= Alister Pearson =

English artist and illustrator

Alister Pearson is an English artist and illustrator. He is best known for his work on the covers of Doctor Who novels, novelisations and videos.

==Career==
===Doctor Who===
Pearson was born on the Isle of Wight. While still a student, he sent sample covers to Target Books, the publishers of Doctor Who novelisations. His first published work (an illustration for 1984's Doctor Who: The Key to Time by Peter Haining) was commissioned while he was still at school.

Pearson went to art college, left after only one term, and spent the next three years submitting Doctor Who covers to then Target editor Nigel Robinson and art director Mike Brett. His first cover commission was for the novelisation of The Underwater Menace. Pearson went on to produce many more novelisation covers, including first edition covers for all of the seventh Doctor adaptations (excluding Time and the Rani for which he later supplied a reprint cover) and a number of first and second Doctor covers such as the first edition of The Edge of Destruction.

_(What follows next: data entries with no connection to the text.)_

//! Class data ("class_data_item", "encoded_field", "encoded_method").
ghost use Rattle.std.specs.Prelude.{◌≡◌, ◌+◌, ◌<◌, ◌≤◌, ◌^◌, List, IfOk, OnOk, IsOkUnless, length, map};
ghost use Rattle.dex_base.specs.Fault.{memory};
ghost use Rattle.dex_base.specs.Grammar.{Appends};
ghost use Rattle.dex_base.specs.Leb128.{Spells, Shortest};
ghost use Rattle.dex_container.specs.Layout.{size_of};
ghost use Rattle.dex_container.specs.Section as section;
ghost use Rattle.file_classes.specs.ClassData.{SpellsCounts};
ghost use Rattle.file_classes.specs.inner.Reading.{entries, field_entry, method_entry};
ghost use Rattle.file_layout.specs.Sections.{wide_all};
ghost use Rattle.file_layout.specs.inner.Sections.{AddsSome, Laid};
ghost use Rattle.file_limits.specs.Wide.{wide_data};
ghost use Rattle.file_limits.specs.inner.Wide.{body_values};
ghost use Rattle.file_put.specs.inner.Data.{FieldRanks, MethodRanks, PacksData, has_no_members, with_code_places, wide_with_codes};
ghost use Rattle.file_put.specs.inner.Growing.{AddsFields, AddsMethods};
ghost use Rattle.program_types.specs.Content.{Class, Descriptor, Member, Method, Program};
ghost use Rattle.tables_names.specs.Closure.{Five, NameRanks};
ghost use Rattle.tables_names.specs.Needed.{needed};
ghost use Rattle.file_strip.specs.inner.Keeping.{ListsMembers, Keeps};
ghost use Rattle.tables_rows.specs.Names.{AreRows};
ghost use Rattle.file_strip.specs.inner.Members.{AreCarriedMembers, IsCarriedRun};
ghost use Rattle.file_strip.specs.inner.Sites.{AddsClassData, HasRoom};

use dex_base::{Fault, put_uleb};
use dex_container::Sections;
use dex_insn::IndexKind;
use file_classes::{Entries, FieldEntry, MethodEntry, class_count};
use file_put::{Placed, put_field, put_method};
use file_renumber::Numbers;
use std::alloc::Global;

/// Appends the entries of fields.
fn put_fields(out: &mut Vec<u8>, numbers: &Numbers, entries: &[FieldEntry]) -> Result<(), Fault>
    requires few { length numbers.now.fields ≤ 2 ^ 32 }
    requires run { (s : Five) × (class : Descriptor) × (ms : List Member) × IsCarriedRun numbers.now.fields (FieldRanks (NameRanks s) class) (map field_entry entries.now) ms }
    ensures ok { OnOk result ((s : Five) (class : Descriptor) (ms : List Member) → IsCarriedRun numbers.now.fields (FieldRanks (NameRanks s) class) (map field_entry entries.now) ms
        → AddsFields (NameRanks s) class out.old.items out.new.items ms) }
    ensures memory { IsOkUnless result memory }
{
    let mut index: u32 = 0;
    let mut last: u32 = 0;
    for entry in entries {
        index += entry.step;
        let number = numbers.of(IndexKind::Field, index);
        put_field(out, number - last, entry.flags)?;
        last = number;
    }
    Ok(())
}

/// Appends the entries of methods, whose bodies are at these offsets.
fn put_methods(
    out: &mut Vec<u8>,
    numbers: &Numbers,
    entries: &[MethodEntry],
    codes: &[u32],
) -> Result<(), Fault>
    requires few { length numbers.now.methods ≤ 2 ^ 32 }
    requires run { (s : Five) × (class : Descriptor) × (ms : List Method) × IsCarriedRun numbers.now.methods (MethodRanks (NameRanks s) class) (map method_entry entries.now) ms }
    requires codes { length codes.now ≡ length entries.now }
    ensures ok { OnOk result ((s : Five) (class : Descriptor) (ms : List Method) → IsCarriedRun numbers.now.methods (MethodRanks (NameRanks s) class) (map method_entry entries.now) ms
        → AddsMethods (NameRanks s) class codes.now out.old.items out.new.items ms) }
    ensures memory { IsOkUnless result memory }
{
    let mut index: u32 = 0;
    let mut last: u32 = 0;
    for (i, entry) in entries.iter().enumerate() {
        index += entry.step;
        let number = numbers.of(IndexKind::Method, index);
        put_method(out, number - last, entry.flags, codes[i])?;
        last = number;
    }
    Ok(())
}

/// Appends how many members of each kind there are.
fn put_counts(out: &mut Vec<u8>, all: &Entries) -> Result<(), Fault>
    requires statics { length all.now.statics.items < 2 ^ 32 }
    requires instances { length all.now.instances.items < 2 ^ 32 }
    requires directs { length all.now.directs.items < 2 ^ 32 }
    requires virtuals { length all.now.virtuals.items < 2 ^ 32 }
    ensures ok { OnOk result (Appends (SpellsCounts (Shortest Spells)) out.old.items out.new.items (length all.now.statics.items, (length all.now.instances.items, (length all.now.directs.items, length all.now.virtuals.items)))) }
    ensures memory { IsOkUnless result memory }
{
    put_uleb(out, all.statics.len() as u32)?;
    put_uleb(out, all.instances.len() as u32)?;
    put_uleb(out, all.directs.len() as u32)?;
    put_uleb(out, all.virtuals.len() as u32)
}

/// Appends the members of a class.
fn put_members(
    out: &mut Vec<u8>,
    numbers: &Numbers,
    all: &Entries,
    codes: &[u32],
) -> Result<(), Fault>
    requires members { (s : Five) × (c : Class) × AreCarriedMembers numbers.now s (entries all.now) c × (wide_data c < 2 ^ 32) }
    requires codes { length codes.now ≡ length all.now.directs.items + length all.now.virtuals.items }
    ensures ok { OnOk result ((s : Five) (c : Class) → AreCarriedMembers numbers.now s (entries all.now) c → Appends (PacksData (NameRanks s)) out.old.items out.new.items (record { class = c; codes = codes.now })) }
    ensures memory { IsOkUnless result memory }
{
    let (directs, virtuals) = codes.split_at(all.directs.len());
    put_counts(out, all)?;
    put_fields(out, numbers, &all.statics)?;
    put_fields(out, numbers, &all.instances)?;
    put_methods(out, numbers, &all.directs, directs)?;
    put_methods(out, numbers, &all.virtuals, virtuals)
}

/// Appends the class data of these entries, and returns its offset, or 0 if there are none.
fn add_data(
    out: &mut Vec<u8>,
    numbers: &Numbers,
    all: &Entries,
    codes: &[u32],
) -> Result<u32, Fault>
    requires members { (s : Five) × (c : Class) × AreCarriedMembers numbers.now s (entries all.now) c × (length out.old.items + wide_data c < 2 ^ 32) }
    requires codes { length codes.now ≡ length all.now.directs.items + length all.now.virtuals.items }
    ensures ok { IfOk result (λ place. (s : Five) (c : Class) → AreCarriedMembers numbers.now s (entries all.now) c
        → AddsSome has_no_members (PacksData (NameRanks s)) 1 out.old.items out.new.items (record { class = c; codes = codes.now }) place) }
    ensures memory { IsOkUnless result memory }
{
    let fields = all.statics.len() + all.instances.len();
    let methods = all.directs.len() + all.virtuals.len();
    if fields == 0 && methods == 0 {
        return Ok(0);
    }
    let place = out.len() as u32;
    put_members(out, numbers, all, codes)?;
    Ok(place)
}

/// Appends the class data of a class with these members, whose bodies are at the first of these offsets, and returns its offset and the
/// other ones.
fn put_class<'c>(
    out: &mut Vec<u8>,
    numbers: &Numbers,
    all: &Entries,
    codes: &'c [u32],
) -> Result<(u32, &'c [u32]), Fault>
    requires members { (s : Five) × (c : Class) × AreCarriedMembers numbers.now s (entries all.now) c × HasRoom c codes.now out.old.items }
    ensures ok { IfOk result (λ x. (s : Five) (c : Class) → AreCarriedMembers numbers.now s (entries all.now) c → AddsClassData s c codes.now x.1.now out.old.items out.new.items x.0) }
    ensures memory { IsOkUnless result memory }
{
    let (own, others) = codes.split_at(all.directs.len() + all.virtuals.len());
    let place = add_data(out, numbers, all, own)?;
    Ok((place, others))
}

/// Appends the class data of each class that has members, which are these. The bodies of all methods are at these offsets.
///
/// It fails only when out of memory.
///
/// ```
/// let datas = put_datas(alloc, &mut out, &numbers, &sections, &members, &codes.places)?;
/// ```
pub(crate) fn put_datas(
    alloc: Global,
    out: &mut Vec<u8>,
    numbers: &Numbers,
    sections: &Sections<'_>,
    members: &[Entries],
    codes: &[u32],
) -> Result<Placed, Fault>
    requires front { 0 < length out.old.items }
    requires members { AreRows ListsMembers sections.now section.class_defs members.now }
    requires kept { (p : Program) × Keeps sections.now numbers.now p × (length codes.now ≡ length (body_values p)) × (length out.old.items + wide_all wide_data p < 2 ^ 32) }
    ensures ok { IfOk result (λ r. (p : Program) → Keeps sections.now numbers.now p
        → Laid has_no_members (PacksData (NameRanks (needed p))) 1 wide_with_codes out.old.items out.new.items (with_code_places p codes.now) r.places.items r.items) }
    ensures memory { IsOkUnless result memory }
{
    let mut placed = Placed::new(alloc);
    let mut rest = codes;
    for i in 0..class_count(sections) {
        let (place, others) = put_class(out, numbers, &members[i as usize], rest)?;
        placed.add(place)?;
        rest = others;
    }
    Ok(placed)
}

Pearson continued to create covers for Target, including new covers for reprints of Doctor Who novels - some using artwork originally painted for the BBC Video releases - including An Unearthly Child and The War Games. When the novelisation line ended, Pearson was commissioned to create covers for the Doctor Who Missing Adventures; Pearson provided 22 of 33 covers for this novel line, working from the series' inception until Virgin lost the Doctor Who publishing licence in 1997.

Pearson's Doctor Who work was not limited to books. From 1986 to 1993, he provided covers and fold-out posters for Doctor Who Magazine and Doctor Who Classic Comics. He also produced sixteen covers for BBC Video VHS releases of Doctor Who serials.

In 2005, Pearson provided a frontispiece for Panini Books' Doctor Who Annual 2006. The next year, he created a cover for the same publisher's Doctor Who Storybook 2007, and other covers the following years for Doctor Who Storybook 2008 and Doctor Who Storybook 2009.

===Other work===
Between 1993 and 1995, Pearson also provided twelve covers for Titan Books' "Star Trek Adventures" line. There were reprints of Star Trek novels originally released by Bantam Books.

In 2007 Alister Pearson illustrated the cover for The England Quiz Book which was compiled by his old friend and fellow Doctor Who buff, Adam David Pearson (no relation) who also lives on the Isle of Wight.

===Initials===
Pearson is known for inserting initials into his artwork; his own ("AP" or "AJP") as well as those of his friends and colleagues in fandom.